---
title: Missing Numbers | Problem Solving (easy) | HackerRank
description: Notes and explanations on the Missing Numbers HackerRank challenge.
---

# Missing Numbers

- [Missing Numbers on HackerRank](https://www.hackerrank.com/challenges/missing-numbers)

## JavaScript

### Solution 1

```javascript
/**
 * Finds numbers that are present in `ys` but missing in `xs`.
 *
 * - T.C: O(n).
 * - S.C: O(n).
 *
 * @param {number[]} xs
 * @param {number[]} ys
 * @returns {number[]} The array of the missing numbers (the
 *   difference).
 */
function missingNums(arr, brr) {
  var freqXs = {},
      freqYs = {},
      i,
      n;

  for (i = 0; n = xs[i], i < xs.length; ++i)
    freqXs[n] = freqXs[n] + 1 || 1;

  for (i = 0; n = ys[i], i < ys.length; ++i)
    freqYs[n] = freqYs[n] + 1 || 1;

  return Object.keys(freqYs).reduce((missing, key) => {
    if (freqYs[key] === freqXs[key])
      return missing;

    missing.push(Number(key));

    return missing;
  }, []);
}
```

Solution using frequency counters.
There are three loops involved but neither is nested, which makes for time complexity $O(n)$.

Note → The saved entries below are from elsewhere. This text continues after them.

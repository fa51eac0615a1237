// What a sentence says of alerts.
ghost use Rattle.std.specs.Prelude.{◌≡◌, ◌≤◌, [], IfSome, length, option_copied, option_map, unwrap_or};
ghost use Rattle.vdr_values.specs.Views.{sign_and_size};
ghost use Rattle.vdr_alerts.specs.Alerts.{alert_of, alert_part, if_short, list_part, names, names_at, part_of, saying_of, whole_number};
ghost use Rattle.vdr_alerts.specs.Views.{saying_value};

use crate::alert::{Alert, name_of, text_of};
use crate::part::Part;
use arrayvec::ArrayVec;
use vdr_values::{Num, Reading};

// The formatters that tell of alerts.
const ALERT: &[u8] = b"ALF";

const LIST: &[u8] = b"ALC";

const MILLION: u64 = 1_000_000;

// How many alerts a sentence ALC lists at most, and where the first one stands in it.
const MOST_LISTED: usize = 30;

const FIRST_LISTED: usize = 4;

/// A sentence of an alert, or of a list of alerts.
#[derive(Drop)]
pub enum Saying<'a> {
    Tells(Part),
    Lists(Part, Reading<'a>),
}

// A whole number that is not below 0.
fn whole_number(number: Option<Num>) -> Option<u64>
    ensures { result ≡ whole_number (option_map sign_and_size number) }
{
    let number = number?;
    if number.negative || number.millionths % MILLION != 0 {
        return None;
    }
    Some(number.millionths / MILLION)
}

// A text of its own, empty where there is none.
fn text_or_none(text: Option<&[u8]>) -> ArrayVec<u8, 76>
    requires { IfSome text (λ b. length b.now ≤ 76) }
    ensures { result.items ≡ unwrap_or (option_copied text.entry) [] }
{
    text_of(text.unwrap_or(b""))
}

// An alert that is just told, where its number is there.
fn alert_of(
    source: (u8, &[u8]),
    maker: Option<&[u8]>,
    number: Option<u64>,
    instance: Option<u64>,
    priority: Option<u8>,
    state: Option<u8>,
) -> Option<Alert>
    requires group { source.0 ≤ 15 }
    requires short { length source.1.now ≤ 15 }
    requires maker { IfSome maker (λ b. length b.now ≤ 76) }
    ensures { result ≡ alert_of (record { group = source.entry.0; name = source.entry.1.now }) (option_copied maker.entry) number instance priority state }
{
    let number = number?;
    Some(Alert {
        group: source.0,
        name: name_of(source.1),
        maker: text_or_none(maker),
        number,
        instance,
        priority,
        state,
        listed: true,
        gone: false,
    })
}

// One of so many sentences, where both numbers are there.
fn part_of(
    source: (u8, &[u8]),
    code: Option<u32>,
    sequence: Option<u32>,
    total: Option<u32>,
    number: Option<u32>,
    alert: Option<Alert>,
    text: Option<&[u8]>,
) -> Option<Part>
    requires group { source.0 ≤ 15 }
    requires short { length source.1.now ≤ 15 }
    requires text { IfSome text (λ b. length b.now ≤ 76) }
    ensures { result ≡ part_of (record { group = source.entry.0; name = source.entry.1.now }) code sequence total number alert (option_copied text.entry) }
{
    let (Some(total), Some(number)) = (total, number) else {
        return None;
    };
    Some(Part {
        group: source.0,
        name: name_of(source.1),
        sequence,
        code,
        total,
        number,
        alert,
        text: text_or_none(text),
    })
}

// An alert comes in one sentence or in two.
fn if_short(part: Option<Part>) -> Option<Part>
    ensures { result ≡ if_short part }
{
    let part = part?;
    if part.total <= 2 { Some(part) } else { None }
}

// What a sentence ALF tells.
fn alert_part(source: (u8, &[u8]), code: Option<u32>, reading: &Reading<'_>) -> Option<Part>
    requires group { source.0 ≤ 15 }
    requires short { length source.1.now ≤ 15 }
    ensures { result ≡ alert_part (record { group = source.entry.0; name = source.entry.1.now }) code reading.now.values }
{
    let (number, instance) = (
        whole_number(reading.number(8)),
        whole_number(reading.number(9)),
    );
    let (priority, state) = (reading.letter(5), reading.letter(6));
    let alert = alert_of(source, reading.raw(7), number, instance, priority, state);
    let (total, number) = (reading.digits(0), reading.digits(1));
    if_short(part_of(
        source,
        code,
        reading.digits(2),
        total,
        number,
        alert,
        reading.raw(12),
    ))
}

// What a sentence ALC begins or goes on with.
fn list_part(source: (u8, &[u8]), code: Option<u32>, reading: &Reading<'_>) -> Option<Part>
    requires group { source.0 ≤ 15 }
    requires short { length source.1.now ≤ 15 }
    ensures { result ≡ list_part (record { group = source.entry.0; name = source.entry.1.now }) code reading.now.values }
{
    let (total, number) = (reading.digits(0), reading.digits(1));
    part_of(source, code, reading.digits(2), total, number, None, None)
}

/// What the sentence of a source says of alerts, where it stands in a TAG group of this code. None where it is no ALF and no ALC, or lacks how
/// many sentences it comes in and which of them it is; and none of an alert that comes in more than two.
pub fn saying_of<'a>(
    source: (u8, &[u8]),
    code: Option<u32>,
    reading: Reading<'a>,
) -> Option<Saying<'a>>
    requires group { source.0 ≤ 15 }
    requires short { length source.1.now ≤ 15 }
    ensures { option_map saying_value result ≡ saying_of reading.entry.row.formatter (record { group = source.entry.0; name = source.entry.1.now }) code reading.entry.values }
{
    let formatter = reading.formatter();
    if formatter == ALERT {
        return Some(Saying::Tells(alert_part(source, code, &reading)?));
    }
    if formatter == LIST {
        return Some(Saying::Lists(list_part(source, code, &reading)?, reading));
    }
    None
}

// Whether the four fields from this one on identify the alert.
fn names_at(reading: &Reading<'_>, alert: &Alert, at: usize) -> bool
    requires { at ≤ 1000 }
    ensures { result ≡ names_at reading.now.values alert.now at }
{
    reading.raw(at).unwrap_or(b"") == alert.maker.as_slice()
        && whole_number(reading.number(at + 1)) == Some(alert.number)
        && whole_number(reading.number(at + 2)) == alert.instance
}

/// Whether a sentence ALC lists the alert.
pub(crate) fn names(reading: &Reading<'_>, alert: &Alert) -> bool
    ensures { result ≡ names reading.now.values alert.now }
{
    let mut is_listed = false;
    for place in 0..MOST_LISTED {
        is_listed = names_at(reading, alert, FIRST_LISTED + 4 * place) || is_listed;
    }
    is_listed
}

### Solution 2 with helper

```javascript
/**
 * Returns a hash map of the frequencies of the values in `xs`.
 *
 * - T.C: O(n).
 * - S.C: O(n).
 *
 * @param {number[]} xs
 * @returns {{ [key: string]: number }}
 */
function countFreq(xs) {
  return xs.reduce(function reducer(freqs, x) {
    freqs[x] = freqs[x] + 1 || 1;
    return freqs;
  }, {});
}

/**
 * Finds numbers that are present in `ys` but missing in `xs`.
 *
 * - T.C: O(n).
 * - S.C: O(n).
 *
 * @param {number[]} xs
 * @param {number[]} ys
 * @returns {number[]} The array of the missing numbers (the
 *   difference).
 */
function missingNums(xs, ys) {
  var freqXs = countFreq(xs);
  var freqYs = countFreq(ys);

  return Object.keys(freqYs).reduce((missing, key) => {
    if (freqYs[key] === freqXs[key]) return missing;

    return [...missing, Number(key)];
  }, []);
}
```

Essentially the same as solution 1, but extracting part of the logic into a helper function.

### Solution 3 with sets, spread, sort and splice

```javascript
/**
 * Compares two numbers for ascending sorting.
 *
 * - T.C: O(1).
 * - S.C: O(1).
 *
 * @param {number} a
 * @param {number} b
 * @returns {number}
 */
function sortAsc(a, b) {
  return a - b;
}

/**
 * Finds numbers that are present in `ys` but missing in `xs`.
 *
 * - T.C: O(n²).
 * - S.C: O(1).
 *
 * @param {number[]} xs
 * @param {number[]} ys
 * @returns {number[]} The array of the missing numbers (the
 *   difference).
 */
function missingNums(xs, ys) {
  for (const n of xs) {
    if (ys.includes(n)) {
      const idx = ys.indexOf(n);
      ys.splice(idx, 1);
    }
  }

  //
  // • Use sets to remove duplicates.
  // • Convert back to array with spread syntax.
  //
  return [...new Set(ys)].sort(sortAsc);
}
```

For each number in `xs`, try to find it in `ys` and remove it from `ys` if present.
In the end, only numbers in `ys` that are missing in `xs` will remain in `ys`.

Also use some ECMAScript set and spread stuff to return the final result.